- PROBLEM TO SOLVE:
Please repeat, from the entries that follow, the lines from the one containing "n = n.checked_mul(10)?.checked_add(c" through the one containing "all: BEGIN, COMMIT." exactly, adding nothing.
......
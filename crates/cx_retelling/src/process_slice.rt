//! The replay of a process slice.

use crate::slice_replay::SliceReplay;
use cx_alone::Alone;
use cx_codec::Bytes;
use cx_io::Source;
use cx_observe::Obs;
use cx_replay::ReplayFault;
use std::alloc::Global;

impl SliceReplay for Alone {
    ghost use Rattle.cx_alone.specs.Ahead.{EndIsLast};
    ghost use Rattle.cx_alone.specs.Replaying.{IsGoing, Stands};
    ghost use Rattle.cx_codec.specs.Place.{end_of};
    ghost use Rattle.cx_observe.specs.Possible.{Possible};
    ghost use Rattle.cx_slicefmt.specs.Rules.{process};
    ghost use Rattle.cx_slicefmt.specs.Scan.{scan_groups};
    ghost use Rattle.cx_retelling.specs.ProcessBegun.{process_begins};
    ghost use Rattle.cx_retelling.specs.Through.{process_at};

    ghost through = { process_at };

    ghost stands = { λ p os a left given input. Stands (scan_groups process 0 p) (end_of p) os a left given input };

    ghost gives = { Possible };

    ghost count = { λ a. a.at };

    ghost going = { IsGoing };

    ghost last = { λ a left. EndIsLast a.ahead.waiting left };

    ghost begins = { process_begins };

    fn open<S: Source>(alloc: Global, bytes: Bytes, source: &mut S) -> Result<Alone, ReplayFault> {
        Alone::open_process(alloc, bytes, source)
    }

    fn steps(&self) -> u64 {
        self.count()
    }

    fn give<S: Source>(&mut self, source: &mut S) -> Result<Option<Obs>, ReplayFault> {
        self.next(source)
    }
}
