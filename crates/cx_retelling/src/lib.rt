//! A slice that is gone through alone, and its observations told.
//!
//! `SliceReplay` is the replay of a slice of either kind: `Alone` that of a process slice, and `CallAlone` that of a
//! call slice. `retell` goes through one behind its magic, and has an `ObservationTeller` of cx_tellers tell what it
//! gives.
#![tactic(auto)]

mod call_slice;
mod process_slice;
mod retelling;
mod slice_replay;

pub use retelling::retell;
pub use slice_replay::SliceReplay;
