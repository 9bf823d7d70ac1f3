// Fields of a text line: spaces, words, quoted strings and their octal escapes.
// Kept: a line and a place stay apart, as a cursor over both would be read back after each field.
ghost use Rattle.std.specs.Prelude.{◌≡◌, ◌+◌, ◌≤◌, ◌<◌, length, drop};
ghost use Rattle.octets.specs.Options.{in_code};
ghost use Rattle.text.specs.Fields.{octal, quoted, next};
ghost use Rattle.text.specs.FieldPost.{SkipsTo, Spelled, CharAt, ScannedAt};
ghost use Rattle.text.specs.FieldPost.{FoundAt, EndedAt, LastAt};

// A field that is not written as one, is missing where one has to be, or is surplus.
#[derive(Clone, Copy, Debug, PartialEq, Eq)]
pub struct Malformed;

// What stands in a quoted field before `next`: a byte, or the closing quote.
#[derive(Clone, Copy, Debug, PartialEq, Eq)]
pub enum Mark {
    Byte { byte: u8, next: usize },
    Close { next: usize },
}

// A field that stands for `len` bytes, with a NUL or not, before `next`.
#[derive(Clone, Copy, Debug, PartialEq, Eq)]
pub struct Field {
    pub len: usize,
    pub next: usize,
    pub nul: bool,
}

// The first index from `at` on whose byte is no space.
pub fn skip_spaces(line: &[u8], at: usize) -> Option<usize>
    requires { at ≤ length line.now }
    ensures { SkipsTo line.now at result }
{
    line[at..].iter().position(|b| *b != b' ').map(|n| at + n)
}

// The first index from `at` on whose byte is a space, or the line's length.
pub fn word_end(line: &[u8], at: usize) -> usize
    requires { at ≤ length line.now }
    ensures { Spelled line.now at result }
{
    let rest = &line[at..];
    at + rest.iter().position(|b| *b == b' ').unwrap_or(rest.len())
}

// The byte that three octal digits spell, at most \377.
#[tactic(auto, unfolding(crate::specs::Fields::octal))]
pub fn octal_of(a: u8, b: u8, c: u8) -> Option<u8>
    ensures { result ≡ in_code (octal a b c) }
{
    if matches!(a, b'0'..=b'3') && matches!(b, b'0'..=b'7') && matches!(c, b'0'..=b'7') {
        Some(((a - b'0') * 8 + (b - b'0')) * 8 + (c - b'0'))
    } else {
        None
    }
}

// What stands at i in a quoted field.
#[tactic(auto, using(crate::proofs::ScanLaws::marks))]
fn char_at(line: &[u8], i: usize) -> Result<Mark, Malformed>
    requires { i < length line.now }
    ensures { CharAt quoted line.now i result }
{
    match line[i] {
        b'"' => {
            if i + 1 < line.len() && line[i + 1] != b' ' {
                return Err(Malformed);
            }
            Ok(Mark::Close { next: i + 1 })
        }
        b'\\' => {
            let [a, b, c, ..] = &line[i + 1..] else {
                return Err(Malformed);
            };
            let Some(byte) = octal_of(*a, *b, *c) else {
                return Err(Malformed);
            };
            Ok(Mark::Byte { byte, next: i + 4 })
        }
        byte => Ok(Mark::Byte { byte, next: i + 1 }),
    }
}

// A quoted field from behind its opening quote; its bytes go to buf from `to` on. After a malformed
// one what buf holds is left open.
fn quoted_field(line: &[u8], at: usize, buf: &mut [u8], to: usize) -> Result<Field, Malformed>
    requires { (at ≤ length line.now) × (to ≤ length line.now + 1) }
    ensures { ScannedAt line.now at buf.old to result buf.new }
{
    let mut i = at;
    let mut len = 0;
    let mut nul = false;
    // Kept: how far an escape goes is known once it is read; no range goes by such steps.
    while i < line.len() {
        match char_at(line, i)? {
            Mark::Byte { byte, next } => {
                octets::put(buf, to + len, byte);
                nul |= byte == 0;
                len += 1;
                i = next;
            }
            Mark::Close { next } => return Ok(Field { len, next, nul }),
        }
    }
    Err(Malformed)
}

// The next field from `at` on; its bytes go to buf from `to` on. Where none comes buf stays as it
// is, and after a malformed one what buf holds is left open.
pub fn next_field(
    line: &[u8],
    at: usize,
    buf: &mut [u8],
    to: usize,
) -> Result<Option<Field>, Malformed>
    requires { (at ≤ length line.now) × (to ≤ length line.now + 1) }
    ensures { FoundAt line.now at buf.old to result buf.new }
{
    let Some(i) = skip_spaces(line, at) else {
        return Ok(None);
    };
    if line[i] == b'"' {
        return Ok(Some(quoted_field(line, i + 1, buf, to)?));
    }
    let next = word_end(line, i);
    let word = &line[i..next];
    octets::copy(buf, to, word);
    Ok(Some(Field {
        len: word.len(),
        next,
        nul: octets::has_nul(word),
    }))
}

// That no field comes from `at` on.
pub fn ended(line: &[u8], at: usize) -> Result<(), Malformed>
    requires { at ≤ length line.now }
    ensures { EndedAt line.now at result }
{
    match skip_spaces(line, at) {
        None => Ok(()),
        Some(_) => Err(Malformed),
    }
}

// How many bytes the field from `at` on stands for, which has to be the last; they go to buf from
// `to` on. Where none comes buf stays as it is, and after a malformed one or one that is followed
// by another what buf holds is left open.
pub fn last_field(
    line: &[u8],
    at: usize,
    buf: &mut [u8],
    to: usize,
) -> Result<Option<usize>, Malformed>
    requires { (at ≤ length line.now) × (to ≤ length line.now + 1) }
    ensures { LastAt line.now at buf.old to result buf.new }
{
    let Some(field) = next_field(line, at, buf, to)? else {
        return Ok(None);
    };
    ended(line, field.next)?;
    Ok(Some(field.len))
}
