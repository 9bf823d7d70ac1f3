// The fields of a line as the payload of its command, in binary form.
ghost use Rattle.std.specs.Prelude.{◌≡◌, List, true, false, ℕ, ◌+◌, ◌-◌, ◌≤◌, length, drop};
ghost use Rattle.octets.specs.Options.{in_code};
ghost use Rattle.text.specs.Fields.{fields};
ghost use Rattle.text.specs.Payload.{number_from, hello_payload, one_payload, write_payload};
ghost use Rattle.text.specs.Payload.{no_payload, ping_payload};
ghost use Rattle.text.specs.Line.{made};
ghost use Rattle.text.specs.PayloadPost.{VersionAt, value_payload, Builds};
ghost use Rattle.text.specs.PayloadPost.{BuildsLine, has_field, has_version};

use crate::fields::{Malformed, ended, last_field, next_field, skip_spaces, word_end};

// HELLO's version, before `next`.
#[derive(Clone, Copy, Debug, PartialEq, Eq)]
struct Version {
    number: u8,
    next: usize,
}

// The number that digits spell, where it is below 256.
#[tactic(auto, using(crate::proofs::NumberLaws::numbers))]
pub fn number_of(s: &[u8]) -> Option<u8>
    ensures { result ≡ in_code (number_from 0 s.now) }
{
    let mut n: u8 = 0;
    for c in s {
        if !c.is_ascii_digit() {
            return None;
        }
        n = n.checked_mul(10)?.checked_add(c - b'0')?;
    }
    Some(n)
}

// HELLO's version from `at` on, where a field comes. A quoted one is malformed, whatever it holds;
// it is refused at its quote, before its end is looked for.
fn version_field(line: &[u8], at: usize) -> Result<Option<Version>, Malformed>
    requires { at ≤ length line.now }
    ensures { VersionAt line.now at result }
{
    let Some(i) = skip_spaces(line, at) else {
        return Ok(None);
    };
    if line[i] == b'"' {
        return Err(Malformed);
    }
    let next = word_end(line, i);
    let number = number_of(&line[i..next]).ok_or(Malformed)?;
    Ok(Some(Version { number, next }))
}

// No field at all: BEGIN, COMMIT.
pub fn no_field(line: &[u8], at: usize) -> Result<usize, Malformed>
    requires { at ≤ length line.now }
    ensures { (buf : List ℕ) →
        BuildsLine no_payload (λ x. false) line.now at buf result buf }
{
    ended(line, at)?;
    Ok(0)
}

// One field: SUB, UNSUB, READ. A missing one leaves buf as it is; after any other fault what buf
// holds is left open.
pub fn one_field(line: &[u8], at: usize, buf: &mut [u8]) -> Result<usize, Malformed>
    requires { at ≤ length line.now }
    ensures { BuildsLine one_payload has_field line.now at
        buf.old result buf.new }
{
    last_field(line, at, buf, 0)?.ok_or(Malformed)
}

// One field or none: PING. After a fault what buf holds is left open.
pub fn ping_field(line: &[u8], at: usize, buf: &mut [u8]) -> Result<usize, Malformed>
    requires { at ≤ length line.now }
    ensures { BuildsLine ping_payload has_field line.now at
        buf.old result buf.new }
{
    Ok(last_field(line, at, buf, 0)?.unwrap_or(0))
}

// What follows a key of `len` bytes in the payload of a WRITE: nothing, or NUL and a value. Gives
// how many bytes. After a fault what buf holds is left open.
fn value_field(line: &[u8], at: usize, buf: &mut [u8], len: usize) -> Result<usize, Malformed>
    requires { (at ≤ length line.now) × (len ≤ length line.now) }
    ensures { Builds (made value_payload (fields 1 (drop at line.now))) true
        (length line.now + 1 - at) buf.old len result buf.new }
{
    let Some(value) = last_field(line, at, buf, len + 1)? else {
        return Ok(0);
    };
    octets::put(buf, len, 0);
    Ok(1 + value)
}

// A key without NUL, and a value or none: WRITE. A missing key leaves buf as it is; after any other
// fault what buf holds is left open.
pub fn write_fields(line: &[u8], at: usize, buf: &mut [u8]) -> Result<usize, Malformed>
    requires { at ≤ length line.now }
    ensures { BuildsLine write_payload has_field line.now at
        buf.old result buf.new }
{
    let key = next_field(line, at, buf, 0)?.ok_or(Malformed)?;
    if key.nul {
        return Err(Malformed);
    }
    let value = value_field(line, key.next, buf, key.len)?;
    Ok(key.len + value)
}

// A version and a text, or a version, or none: HELLO. A bad version leaves buf as it is; after any
// other fault what buf holds is left open.
pub fn hello_fields(line: &[u8], at: usize, buf: &mut [u8]) -> Result<usize, Malformed>
    requires { at ≤ length line.now }
    ensures { BuildsLine hello_payload has_version line.now at
        buf.old result buf.new }
{
    let Some(version) = version_field(line, at)? else {
        octets::put(buf, 0, 0);
        return Ok(1);
    };
    octets::put(buf, 0, version.number);
    let text = last_field(line, version.next, buf, 1)?;
    Ok(1 + text.unwrap_or(0))
}
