// The words of text commands: one constant table of word, letter and ID, and its look-up. No other
// word is known, and no other list of them is read.
#![tactic(auto)]

ghost use Rattle.std.specs.Prelude.{◌≡◌, map, ◌<◌};
ghost use Rattle.std.specs.Option.{option_map};
ghost use Rattle.octets.specs.Options.{in_code};
ghost use Rattle.octets.specs.Order.{same};
ghost use Rattle.protocol.specs.Ids;
ghost use Rattle.words.specs.Words.{lower, names, id_of, words, In};
ghost use Rattle.words.specs.Table.{entry_of};

use protocol::CommandId;

// A word and the letter that stands for it, where there is one, in small letters, and the ID of
// both.
struct Row {
    word: &'static [u8],
    letter: Option<u8>,
    id: CommandId,
}

// All that a text line may begin with, row i with ID i. HELLO has no letter.
const ROWS: [Row; 8] = [
    Row {
        word: b"hello",
        letter: None,
        id: CommandId::Hello,
    },
    Row {
        word: b"sub",
        letter: Some(b's'),
        id: CommandId::Sub,
    },
    Row {
        word: b"unsub",
        letter: Some(b'u'),
        id: CommandId::Unsub,
    },
    Row {
        word: b"read",
        letter: Some(b'r'),
        id: CommandId::Read,
    },
    Row {
        word: b"write",
        letter: Some(b'w'),
        id: CommandId::Write,
    },
    Row {
        word: b"begin",
        letter: Some(b'b'),
        id: CommandId::Begin,
    },
    Row {
        word: b"commit",
        letter: Some(b'c'),
        id: CommandId::Commit,
    },
    Row {
        word: b"ping",
        letter: Some(b'p'),
        id: CommandId::Ping,
    },
];

// The table, row by row that of words.
fn rows() -> &'static [Row]
    ensures { map entry_of result.now ≡ words }
{
    &ROWS
}

// Whether w is the word, which has no capitals, in any case.
fn is_word(w: &[u8], word: &[u8]) -> bool
    requires { map lower word.now ≡ word.now }
    ensures { result ≡ same (map lower w.now) word.now }
{
    w.eq_ignore_ascii_case(word)
}

impl Row {
    // Whether w is the word or the letter of the row, in any case.
    fn is_named(&self, w: &[u8]) -> bool
        requires { In (entry_of self.now) words }
        ensures { result ≡ names (map lower w.now) (entry_of self.now) }
    {
        is_word(w, self.word) || matches!(self.letter, Some(letter) if is_word(w, &[letter]))
    }
}

// The ID that w names, as the word or the letter of a row in any case.
pub fn id_of(w: &[u8]) -> Option<CommandId>
    ensures { option_map Ids.id_of result ≡ in_code (id_of w.now) }
{
    for row in rows() {
        if row.is_named(w) {
            return Some(row.id);
        }
    }
    None
}
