// The text form of the infod3 protocol: one line, given without its ending byte, as a message in
// binary form. A payload goes to the start of a lent buffer and stops at its end. It is never
// longer than the line, so a buffer as long as the line holds it whole.
#![tactic(auto)]

mod fields;
mod payloads;

ghost use Rattle.std.specs.Prelude.{◌≡◌, ◌≤◌, length};
ghost use Rattle.protocol.specs.Ids as Ids;
ghost use Rattle.protocol.specs.declared.Refusal.TheVariants.{Parameter};
ghost use Rattle.text.specs.Payload.{payload_for};
ghost use Rattle.text.specs.Line.{line_of};
ghost use Rattle.text.specs.PayloadPost.{BuildsLine, stores};
ghost use Rattle.text.specs.LinePost.{stores_line, Translates};

pub use fields::{Field, Malformed, Mark, octal_of, word_end};
pub use payloads::number_of;
use protocol::{CommandId, Refusal};

// A message, whose payload of `len` bytes stands at the start of the buffer, as far as that goes.
#[derive(Clone, Copy, Debug, PartialEq, Eq)]
pub struct Message {
    pub id: CommandId,
    pub len: usize,
}

// A missing, surplus or malformed field is a bad parameter.
impl From<Malformed> for Refusal {
    ghost from_gives = { λ _ r. r ≡ Parameter };

    fn from(_malformed: Malformed) -> Refusal {
        Refusal::Parameter
    }
}

// The fields from `at` on as the payload of a command. Where they are refused, buf is as
// `translate` says.
fn build(id: CommandId, line: &[u8], at: usize, buf: &mut [u8]) -> Result<usize, Malformed>
    requires { at ≤ length line.now }
    ensures { BuildsLine (payload_for (Ids.id_of id)) (stores (Ids.id_of id)) line.now at
        buf.old result buf.new }
{
    // Kept: the cases are closed, and a `match` shows that each has its step.
    match id {
        CommandId::Hello => payloads::hello_fields(line, at, buf),
        CommandId::Sub | CommandId::Unsub | CommandId::Read => payloads::one_field(line, at, buf),
        CommandId::Write => payloads::write_fields(line, at, buf),
        CommandId::Begin | CommandId::Commit => payloads::no_field(line, at),
        CommandId::Ping => payloads::ping_field(line, at, buf),
    }
}

// What the line is: none where it is blank, which leaves buf as it is, or a message, whose payload
// goes to the start of buf. An unknown word is refused as an unknown message, and a missing,
// surplus or malformed field as a bad parameter.
//
// A refused line leaves buf as it is where it can store nothing: for an unknown word, BEGIN,
// COMMIT, a HELLO without a good version, and every other command without a field. Of any other
// refused line some fields may stand in buf: what it then holds is left open, but for its length.
pub fn translate(line: &[u8], buf: &mut [u8]) -> Result<Option<Message>, Refusal>
    ensures { Translates (line_of line.now) (stores_line line.now)
        buf.old result buf.new }
{
    let Some(i) = fields::skip_spaces(line, 0) else {
        return Ok(None);
    };
    let e = fields::word_end(line, i);
    let Some(id) = words::id_of(&line[i..e]) else {
        return Err(Refusal::Unknown);
    };
    let len = build(id, line, e, buf)?;
    Ok(Some(Message { id, len }))
}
......
- YOUR SOLUTION:
        n = n.checked_mul(10)?.checked_add(c - b'0')?;
    }
    Some(n)
}

// HELLO's version from `at` on, where a field comes. A quoted one is malformed, whatever it holds;
// it is refused at its quote, before its end is looked for.
fn version_field(line: &[u8], at: usize) -> Result<Option<Version>, Malformed>
    requires { at ≤ length line.now }
    ensures { VersionAt line.now at result }
{
    let Some(i) = skip_spaces(line, at) else {
        return Ok(None);
    };
    if line[i] == b'"' {
        return Err(Malformed);
    }
    let next = word_end(line, i);
    let number = number_of(&line[i..next]).ok_or(Malformed)?;
    Ok(Some(Version { number, next }))
}

// No field at all: BEGIN, COMMIT.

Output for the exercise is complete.